Kepala Kejaksaan Negeri Bangka Barat, Helena Octavianne mengatakan, kasus ini merupakan lanjutan dari kasus sebelumnya. Ketiga tersangka sementara ditahan di Polres Bangka Barat, baru kemudian dilimpahkan ke Pengadilan Tipikor di Pangkalpinang.

"Ini masih sama dengan yang kemarin karena memang ini satu kesatuan. Ini adalah kelanjutan dari BPRS tahun lalu karena mereka memang ikut andil dalam tindak pidana korupsi. Ini yang sudah kita tetapkan dari bulan Februari dan hari ini kita tahan," ujar Helena saat Konferensi Pers di Kantor Kejari Bangka Barat, Rabu (24/11).

Ketiganya ditetapkan sebagai tersangka pada Februari 2021 lalu, menyusul dua pelaku lain, Mantan Kepala Cabang PT. BPRS Babel Cabang Muntok, KTH dan Kabag Operasional BPRS berinisial MT, yang sudah lebih dulu diadili dan kini sedang menjalani masa hukuman.

Ketiganya diduga terlibat kasus korupsi lantaran merekayasa program kegiatan fasilitas sarana dan alat bantu penangkap ikan antara Pemkab Bangka Barat dengan PT BPRS Cabang Muntok pada tahun 2012 sampai dengan tahun 2015.

Selain itu, terlibat dalam praktik penyaluran pembiayaan yang melanggar prinsip kehati-hatian di PT BPRS Babel Cabang Muntok dari tahun 2016 sampai dengan tahun 2018. Ini adalah Pengembangan perkara dari kasus PT BPRS Bangka Belitung Cabang Muntok.

"Mereka ditahan di Polres sementara, tapi hari Jumat kita akan limpahkan sehingga kita bisa cepat bersidang dan bisa cepat mendapatkan kepastian hukum," katanya.

Menurut Helena, tiga orang ini mempunyai peran dalam kasus Tipikor yang menjerat KTH dan MT, sebab Staff Legal dan Remedial tentu mengetahui penyimpangan yang dilakukan dua orang tersebut, tapi mereka mendiamkan saja.

"Untuk sementara memang kenapa bagian legal? kan sudah dari awal itu sudah saya terangkan kenapa kok mengetahui hal tersebut tetapi hanya mendiamkan saja. Jadi memang kita mengedepankan hati nurani juga, orang–orang yang paham lah kasus yang memang berperkara inilah yang kita angkat sebagai tersangka," jelasnya.
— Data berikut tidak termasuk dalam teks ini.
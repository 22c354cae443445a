//! The laws of the places of runs, each a function that does nothing and whose contract states it.
ghost use Rattle.tree_steps.specs.ListVerdict.{ListMarksFollowItems, ListVerdictsFollowItems};
ghost use Rattle.tree_steps.specs.PlaceLaws.{AgreementKeepsLoops, AgreementKeepsPlaces, AgreementKeepsStarts, OthersBeginThemselves, PlacesIgnoreElision, PlacesIgnoreRoom, RunsBegin, SitesAreOfSubstance, SitesStand, StandingSlotsHaveSites};

use template_tree::checks_ignore_room_and_elision;

/// Where a run begins, goes on and may stand doesn't depend on the room of lists, nor on which comments
/// are elided.
pub fn places_ignore_room_and_elision()
    ensures room { PlacesIgnoreRoom }
    ensures elision { PlacesIgnoreElision }
    ensures substance { SitesAreOfSubstance }
{
    checks_ignore_room_and_elision();
}

/// The site of a slot is of the node that stands there; a run that comes to a node at whose start it has a
/// place begins in the loops and the procedure in which that stands.
pub fn sites_stand()
    ensures found { SitesStand }
    ensures standing { StandingSlotsHaveSites }
    ensures begins { RunsBegin }
    ensures others { OthersBeginThemselves }
{}

/// Trees that agree by their slots have the same loops round them and the same places, as far as the
/// nodes in the slots allow it.
pub fn places_last()
    ensures loops { AgreementKeepsLoops }
    ensures starts { AgreementKeepsStarts }
    ensures places { AgreementKeepsPlaces }
{}

/// What is wrong with the list of variables in a GET, of which each is a point of it, depends on the
/// items of its procedure alone.
pub fn list_marks_follow_items()
    ensures verdict { ListVerdictsFollowItems }
    ensures mark { ListMarksFollowItems }
{}
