//! Edits as steps from tree to tree: laws of what slots and the places of runs mean after edits.
#![tactic(auto)]

mod agreement_laws;
mod edit_step_laws;
mod place_laws;

pub use agreement_laws::{agreement_lasts, slots_stand};
pub use edit_step_laws::{edits_are_steps, edits_follow};
pub use place_laws::{
    list_marks_follow_items, places_ignore_room_and_elision, places_last, sites_stand,
};
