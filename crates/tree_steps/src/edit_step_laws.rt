//! The laws of steps, each a function that does nothing and whose contract states it.
ghost use Rattle.tree_steps.specs.EditStepLaws.{AddHoleIsEditStep, DropHoleIsEditStep, EditsFollow, FillAssignIsEditStep, FillIsEditStep, InsertIsEditStep, RoomIsNoEdit, SetPhraseIsEditStep, EditStepsAreWays, TakeIsEditStep, TogglesAreNoEdits};

/// What each edit of a tree answers where it was made says that it is a step.
pub fn edits_are_steps()
    ensures fill { FillIsEditStep }
    ensures fill_assign { FillAssignIsEditStep }
    ensures insert { InsertIsEditStep }
    ensures set_phrase { SetPhraseIsEditStep }
    ensures take { TakeIsEditStep }
    ensures add_hole { AddHoleIsEditStep }
    ensures drop_hole { DropHoleIsEditStep }
{}

/// Steps that follow one another lead from the first tree to the last; turned comments and the room of
/// lists play no part.
pub fn edits_follow()
    ensures turns { TogglesAreNoEdits }
    ensures room { RoomIsNoEdit }
    ensures one { EditStepsAreWays }
    ensures follow { EditsFollow }
{}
Pihak Kejari belum melakukan penyitaan aset untuk tiga tersangka baru ini, namun saat ini sedang melakukan aset tracing.

Helena mengatakan, sejauh ini Kejari sudah mendapatkan lima pelaku. Terkait kemungkinan adanya tersangka lain, menurut Kajari hal itu masih menunggu tahapan persidangan IF, RS dan JR, karena proses perkara ini sangat panjang dan memakan waktu lama. Bahkan pemberkasannya sudah berlangsung sejak Februari 2021 lalu.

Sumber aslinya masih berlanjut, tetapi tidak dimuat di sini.